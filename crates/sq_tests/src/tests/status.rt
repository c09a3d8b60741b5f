// Trees that threads share: two seats in turn, and four threads at once.
ghost use Rattle.std.specs.Prelude.{◌≡◌, ◌<◌, true, IsTrue, IfOk};
ghost use Rattle.sq_moves.specs.Prelude.{is_node};

use sq_moves::{BeginFault, ClaimFault, CompleteFault, Leaf, NODES, NodeId, SplitFault, Status};
use sq_shared::{LeafClaim, StatusTree, TreeSeat};
use std::alloc::{AllocError, Global};
use std::test::Fail;
use std::thread;
use std::thread::Threads;

fn node(number: u64) -> NodeId
    requires { IsTrue (is_node number) }
    ensures { result ≡ number }
{
    NodeId::new(number).unwrap()
}

fn leaf(number: u64) -> Leaf
    requires { number < 32 }
    ensures { result ≡ number }
{
    Leaf::new(number).unwrap()
}

// Pulls with the nodes that they get, one after another, where leaf 0 alone was claimed.
const CLAIMS: [(u32, Option<u64>); 6] = [
    (2, Some(33)),
    (4, Some(17)),
    (6, Some(9)),
    (8, Some(5)),
    (10, Some(3)),
    (12, None),
];

// Whether the pulls get these nodes.
fn claims_the_rest(tree: &StatusTree, seat: &mut TreeSeat) -> bool
    requires { (seat.old.tree ≡ tree.now) × (seat.old.view.first ≡ true) }
    ensures { (seat.new.tree ≡ tree.now) × (seat.new.view.first ≡ true) }
{
    for (pull, want) in &CLAIMS {
        if tree.claim_any(seat, *pull).map(NodeId::number) != *want {
            return false;
        }
    }
    true
}

// The statuses, with node 9 completed then.
fn claimed_statuses() -> [Status; NODES] {
    let mut statuses = [Status::Free; NODES];
    for index in [0, 1, 3, 7, 15] {
        statuses[index] = Status::Split;
    }
    statuses[31] = Status::Claimed(3);
    statuses[32] = Status::Claimed(2);
    statuses[16] = Status::Claimed(4);
    statuses[8] = Status::Complete(6);
    statuses[4] = Status::Claimed(8);
    statuses[2] = Status::Claimed(10);
    statuses
}

// One seat walks, claims and is refused; a second one begins what the first claimed.
#[test]
fn two_seats_in_turn(rt: HostRuntime) -> Result<(), Fail> {
    let (tree, mut first) = StatusTree::open(rt.alloc())?;
    assert!(rt; tree.claim_leaf(&mut first, leaf(0), 3) == LeafClaim::Claimed(node(32)));
    assert!(rt; claims_the_rest(&tree, &mut first));
    let held = LeafClaim::Held(node(9), Status::Claimed(6));
    assert!(rt; tree.claim_leaf(&mut first, leaf(5), 5) == held);
    assert!(rt; tree.split(&mut first, node(32)) == Err(SplitFault::IsLeaf));
    assert!(rt; tree.begin(&mut first, node(33), 4) == Err(BeginFault::WrongPull));
    let claimed = CompleteFault::NotPartial(Status::Claimed(2));
    assert!(rt; tree.complete(&mut first, node(33), 2) == Err(claimed));

    let mut second = tree.share(&mut first);
    assert!(rt; tree.look(&mut second, node(9)) == Status::Claimed(6));
    let split = ClaimFault::NotFree(Status::Split);
    assert!(rt; tree.claim(&mut second, node(16), 7) == Err(split));
    assert!(rt; tree.begin(&mut second, node(9), 6).is_ok());
    assert!(rt; tree.complete(&mut first, node(9), 6).is_ok());
    tree.join(&mut first, second);
    assert!(rt; tree.close(first) == claimed_statuses());
    Ok(())
}

// Shares out two more seats.
fn share_two(tree: &StatusTree, seat: &mut TreeSeat) -> (TreeSeat, TreeSeat)
    requires { (seat.old.tree ≡ tree.now) × (seat.old.view.first ≡ true) }
    ensures first { (seat.new.tree ≡ tree.now) × (seat.new.view.first ≡ true) }
    ensures shared { (result.0.tree ≡ tree.now) × (result.1.tree ≡ tree.now) }
{
    let one = tree.share(seat);
    (one, tree.share(seat))
}

// Joins two that were shared out.
fn join_two(tree: &StatusTree, seat: &mut TreeSeat, one: TreeSeat, other: TreeSeat)
    requires first { (seat.old.tree ≡ tree.now) × (seat.old.view.first ≡ true) }
    requires shared { (one.tree ≡ tree.now) × (other.tree ≡ tree.now) }
    ensures { (seat.new.tree ≡ tree.now) × (seat.new.view.first ≡ true) }
{
    tree.join(seat, one);
    tree.join(seat, other);
}

// Whether what was won at a node leads to this status, each of its steps once.
fn lead_to(wins: &[(NodeId, Status)], node: NodeId, status: Status) -> bool {
    let count = count_at(wins, node);
    match status {
        Status::Free => count == 0,
        Status::Split | Status::Claimed(_) => count == 1 && wins.contains(&(node, status)),
        Status::Partial(pull) => {
            count == 2
                && wins.contains(&(node, Status::Claimed(pull)))
                && wins.contains(&(node, status))
        }
        Status::Complete(pull) => {
            count == 3
                && wins.contains(&(node, Status::Claimed(pull)))
                && wins.contains(&(node, Status::Partial(pull)))
                && wins.contains(&(node, status))
        }
    }
}

// How many steps were won at a node.
fn count_at(wins: &[(NodeId, Status)], node: NodeId) -> usize {
    let mut count: usize = 0;
    for (at, _) in wins {
        if *at == node {
            count = count.saturating_add(1);
        }
    }
    count
}

// How many nodes were split, and how many were completed.
fn count_last_steps(wins: &[(NodeId, Status)]) -> (usize, usize) {
    let mut splits: usize = 0;
    let mut completes: usize = 0;
    for (_, status) in wins {
        match status {
            Status::Split => splits = splits.saturating_add(1),
            Status::Complete(_) => completes = completes.saturating_add(1),
            _ => {}
        }
    }
    (splits, completes)
}

// One step of one thread: which one, and at which node, follows from the round. Where it is won, the status that it
// gives the node.
fn step(
    tree: &StatusTree,
    seat: &mut TreeSeat,
    round: u64,
    node: NodeId,
    own: u32,
) -> Option<Status>
    requires { seat.old.tree ≡ tree.now }
    ensures { seat.new.tree ≡ tree.now }
{
    let pull = 1 + (round / 16 % 4) as u32;
    let (won, status) = match (5 * (round % 16) + 7 * node.number()) % 16 {
        0 => (tree.split(seat, node).is_ok(), Status::Split),
        1 if node.number() >= 16 => (tree.claim(seat, node, own).is_ok(), Status::Claimed(own)),
        2 => (tree.begin(seat, node, pull).is_ok(), Status::Partial(pull)),
        3 => (
            tree.complete(seat, node, pull).is_ok(),
            Status::Complete(pull),
        ),
        _ => (false, Status::Free),
    };
    won.then_some(status)
}

// All steps of one thread, and what it won.
fn work(
    alloc: Global,
    tree: &StatusTree,
    mut seat: TreeSeat,
    own: u32,
) -> Result<(TreeSeat, Vec<(NodeId, Status)>), AllocError>
    requires { seat.tree ≡ tree.now }
    ensures { IfOk result (λ r. r.0.tree ≡ tree.now) }
{
    let mut wins = Vec::new(alloc);
    for round in 0..256 {
        for node in NodeId::all() {
            if let Some(status) = step(tree, &mut seat, round, node, own) {
                wins.push((node, status))?;
            }
        }
    }
    Ok((seat, wins))
}

// Two threads, and what they won.
fn pair<R: Threads + Sync>(
    rt: &R,
    alloc: Global,
    tree: &StatusTree,
    left: TreeSeat,
    right: TreeSeat,
    own: u32,
) -> Result<(TreeSeat, TreeSeat, Vec<(NodeId, Status)>), AllocError>
    requires { (left.tree ≡ tree.now) × (right.tree ≡ tree.now) × (own < 99) }
    ensures { IfOk result (λ r. (r.0.tree ≡ tree.now) × (r.1.tree ≡ tree.now)) }
{
    let (left, right) = thread::join(
        rt,
        move ||
            requires { left.tree ≡ tree.now }
            ensures { IfOk result (λ r. r.0.tree ≡ tree.entry.now) }
        { work(alloc, tree, left, own) },
        move ||
            requires { (right.tree ≡ tree.now) × (own < 99) }
            ensures { IfOk result (λ r. r.0.tree ≡ tree.entry.now) }
        { work(alloc, tree, right, own + 1) },
    );
    let (left, mut wins) = left?;
    let (right, mut others) = right?;
    wins.append(&mut others)?;
    Ok((left, right, wins))
}

// Four threads: what the tree has in the end, and what the threads won.
fn four<R: Threads + Sync>(
    rt: &R,
    alloc: Global,
) -> Result<([Status; NODES], Vec<(NodeId, Status)>), AllocError> {
    let (tree, mut first) = StatusTree::open(alloc)?;
    let (a, b) = share_two(&tree, &mut first);
    let (c, d) = share_two(&tree, &mut first);
    let shared = &tree;
    let (left, right) = thread::join(
        rt,
        move ||
            requires { (a.tree ≡ shared.now) × (b.tree ≡ shared.now) }
            ensures { IfOk result (λ r. (r.0.tree ≡ shared.entry.now)
                × (r.1.tree ≡ shared.entry.now)) }
        { pair(rt, alloc, shared, a, b, 1) },
        move ||
            requires { (c.tree ≡ shared.now) × (d.tree ≡ shared.now) }
            ensures { IfOk result (λ r. (r.0.tree ≡ shared.entry.now)
                × (r.1.tree ≡ shared.entry.now)) }
        { pair(rt, alloc, shared, c, d, 3) },
    );
    let (a, b, mut wins) = left?;
    let (c, d, mut others) = right?;
    wins.append(&mut others)?;
    join_two(&tree, &mut first, a, b);
    join_two(&tree, &mut first, c, d);
    Ok((tree.close(first), wins))
}

// Four threads split, claim, begin and complete, and the statuses are those that what they won leads to.
#[test]
fn four_threads_agree_with_what_they_won(rt: HostRuntime) -> Result<(), Fail> {
    for _ in 0..20 {
        let (statuses, wins) = four(&rt, rt.alloc())?;
        for node in NodeId::all() {
            let status = statuses[node.index()];
            assert!(rt; lead_to(&wins, node, status), "{node:?} is {status:?}");
        }
        let (splits, completes) = count_last_steps(&wins);
        assert!(rt; splits >= 15 && completes >= 16);
    }
    Ok(())
}

// Claims node after node with a pull, until none is free.
fn claim_until_none(
    alloc: Global,
    tree: &StatusTree,
    mut seat: TreeSeat,
    pull: u32,
) -> Result<(TreeSeat, Vec<NodeId>), AllocError>
    requires { seat.tree ≡ tree.now }
    ensures { IfOk result (λ r. r.0.tree ≡ tree.now) }
{
    let mut claimed = Vec::new(alloc);
    for _ in 0..NODES {
        let Some(node) = tree.claim_any(&mut seat, pull) else {
            break;
        };
        claimed.push(node)?;
    }
    Ok((seat, claimed))
}

// Splits each node above the leaves.
fn split_down_to_leaves(tree: &StatusTree, seat: &mut TreeSeat)
    requires { (seat.old.tree ≡ tree.now) × (seat.old.view.first ≡ true) }
    ensures { (seat.new.tree ≡ tree.now) × (seat.new.view.first ≡ true) }
{
    for node in NodeId::all() {
        if node.number() < 32 {
            drop(tree.split(seat, node));
        }
    }
}

/// What two threads claimed, and what the tree has then.
#[derive(Drop)]
struct Claims {
    by_pull_2: Vec<NodeId>,
    by_pull_3: Vec<NodeId>,
    statuses: [Status; NODES],
}

// Two threads claim the leaves of a tree whose other nodes are split, one with pull 2 and one with pull 3.
fn claim_in_two_threads<R: Threads + Sync>(rt: &R, alloc: Global) -> Result<Claims, AllocError> {
    let (tree, mut first) = StatusTree::open(alloc)?;
    split_down_to_leaves(&tree, &mut first);
    let (one, other) = share_two(&tree, &mut first);
    let shared = &tree;
    let (left, right) = thread::join(
        rt,
        move ||
            requires { one.tree ≡ shared.now }
            ensures { IfOk result (λ r. r.0.tree ≡ shared.entry.now) }
        { claim_until_none(alloc, shared, one, 2) },
        move ||
            requires { other.tree ≡ shared.now }
            ensures { IfOk result (λ r. r.0.tree ≡ shared.entry.now) }
        { claim_until_none(alloc, shared, other, 3) },
    );
    let (one, by_pull_2) = left?;
    let (other, by_pull_3) = right?;
    join_two(&tree, &mut first, one, other);
    Ok(Claims {
        by_pull_2,
        by_pull_3,
        statuses: tree.close(first),
    })
}

// How often a node is among these.
fn times(nodes: &[NodeId], node: NodeId) -> usize {
    nodes.iter().filter(|one| **one == node).count()
}

// Two threads claim until nothing is free: each leaf was claimed by exactly one of them, whose pull its status names.
#[test]
fn two_threads_claim_each_leaf_once(rt: HostRuntime) -> Result<(), Fail> {
    for _ in 0..20 {
        let claims = claim_in_two_threads(&rt, rt.alloc())?;
        for node in NodeId::all() {
            let want = match (
                times(&claims.by_pull_2, node),
                times(&claims.by_pull_3, node),
            ) {
                (0, 0) => Status::Split,
                (1, 0) => Status::Claimed(2),
                (0, 1) => Status::Claimed(3),
                _ => Status::Free,
            };
            let status = claims.statuses[node.index()];
            assert!(rt; status == want, "{node:?} is {status:?}");
            assert!(rt; (status == Status::Split) == (node.number() < 32));
        }
    }
    Ok(())
}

**Work task**: What are the lines above, starting at the one with "for index in" and ending at the one with "assert!(rt; tree.split(&mut first, node(32))"? Give them again exactly, and only them.

**Response to this exercise**:
    for index in [0, 1, 3, 7, 15] {
        statuses[index] = Status::Split;
    }
    statuses[31] = Status::Claimed(3);
    statuses[32] = Status::Claimed(2);
    statuses[16] = Status::Claimed(4);
    statuses[8] = Status::Complete(6);
    statuses[4] = Status::Claimed(8);
    statuses[2] = Status::Claimed(10);
    statuses
}

// One seat walks, claims and is refused; a second one begins what the first claimed.
#[test]
fn two_seats_in_turn(rt: HostRuntime) -> Result<(), Fail> {
    let (tree, mut first) = StatusTree::open(rt.alloc())?;
    assert!(rt; tree.claim_leaf(&mut first, leaf(0), 3) == LeafClaim::Claimed(node(32)));
    assert!(rt; claims_the_rest(&tree, &mut first));
    let held = LeafClaim::Held(node(9), Status::Claimed(6));
    assert!(rt; tree.claim_leaf(&mut first, leaf(5), 5) == held);
    assert!(rt; tree.split(&mut first, node(32)) == Err(SplitFault::IsLeaf));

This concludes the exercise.